YOUR GOAL :: Return all of the material, keeping each line exactly as it is.

PROVIDED MATERIAL ::

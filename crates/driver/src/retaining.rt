//! Calls that keep the pairs that a closure chooses.

use super::Map;
use super::call::Call;
use super::counts::{Shared, share};
use super::key::Key;
use super::value::Value;
use std::cell::Cell;

/// How often a closure was called, how many keys and values the line had dropped at the last call,
/// and a number that depends on the order of the keys that it was called with.
#[derive(Drop)]
pub struct Calls {
    calls: Cell<u64>,
    dropped: Cell<u64>,
    order: Cell<u64>,
    counts: Shared,
}

impl Calls {
    /// Begins before the first call.
    pub fn new(counts: &Shared) -> Calls {
        Calls {
            calls: Cell::new(0),
            dropped: Cell::new(0),
            order: Cell::new(0),
            counts: share(counts),
        }
    }

    /// Notes a call, and returns its number, 1 for the first.
    pub fn note(&self) -> u64 {
        self.calls.set(self.calls.get().wrapping_add(1));
        if let Some(counts) = &self.counts {
            self.dropped.set(counts.dropped());
        }
        self.calls.get()
    }

    /// Notes a call with a key.
    pub fn note_key(&self, key: &Key) {
        self.note();
        self.order.set(self.order.get().wrapping_mul(31).wrapping_add(key.number()));
    }

    /// Appends the first two numbers.
    pub fn show(&self, call: &Call) {
        call.show_two(&self.calls.get(), &self.dropped.get());
    }

    /// Appends all numbers.
    pub fn show_with_order(&self, call: &Call) {
        self.show(call);
        call.show(&self.order.get());
    }
}

/// Returns whether a value is not a number modulo 7, and then adds to it.
pub fn keep_and_increase(value: &mut Value, number: u64, by: u64) -> bool {
    if value.number() % 7 == number % 7 {
        return false;
    }
    value.increase(by);
    true
}

/// Keeps the pairs whose values are not a number modulo 7, and adds the number of the call to each.
pub fn retain(map: &mut Map, call: &Call) {
    let number = call.number();
    let guard = call.guard();
    let calls = Calls::new(call.counts());
    let noted = &calls;
    map.retain(move |_key, value| {
        guard.hold();
        keep_and_increase(value, number, noted.note())
    });
    calls.show(call);
}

SOLUTION ::
filename crates/driver/src/retaining.rt
//! Calls that keep the pairs that a closure chooses.

use super::Map;
use super::call::Call;
use super::counts::{Shared, share};
use super::key::Key;
use super::value::Value;
use std::cell::Cell;

/// How often a closure was called, how many keys and values the line had dropped at the last call,
/// and a number that depends on the order of the keys that it was called with.
#[derive(Drop)]
pub struct Calls {
    calls: Cell<u64>,
    dropped: Cell<u64>,
    order: Cell<u64>,
    counts: Shared,
}

impl Calls {
    /// Begins before the first call.
    pub fn new(counts: &Shared) -> Calls {
        Calls {
            calls: Cell::new(0),
            dropped: Cell::new(0),
            order: Cell::new(0),
            counts: share(counts),
        }
    }

    /// Notes a call, and returns its number, 1 for the first.
    pub fn note(&self) -> u64 {
        self.calls.set(self.calls.get().wrapping_add(1));
        if let Some(counts) = &self.counts {
            self.dropped.set(counts.dropped());
        }
        self.calls.get()
    }

    /// Notes a call with a key.
    pub fn note_key(&self, key: &Key) {
        self.note();
        self.order.set(self.order.get().wrapping_mul(31).wrapping_add(key.number()));
    }

    /// Appends the first two numbers.
    pub fn show(&self, call: &Call) {
        call.show_two(&self.calls.get(), &self.dropped.get());
    }

    /// Appends all numbers.
    pub fn show_with_order(&self, call: &Call) {
        self.show(call);
        call.show(&self.order.get());
    }
}

/// Returns whether a value is not a number modulo 7, and then adds to it.
pub fn keep_and_increase(value: &mut Value, number: u64, by: u64) -> bool {
    if value.number() % 7 == number % 7 {
        return false;
    }
    value.increase(by);
    true
}

/// Keeps the pairs whose values are not a number modulo 7, and adds the number of the call to each.
pub fn retain(map: &mut Map, call: &Call) {
    let number = call.number();
    let guard = call.guard();
    let calls = Calls::new(call.counts());
    let noted = &calls;
    map.retain(move |_key, value| {
        guard.hold();
        keep_and_increase(value, number, noted.note())
    });
    calls.show(call);
}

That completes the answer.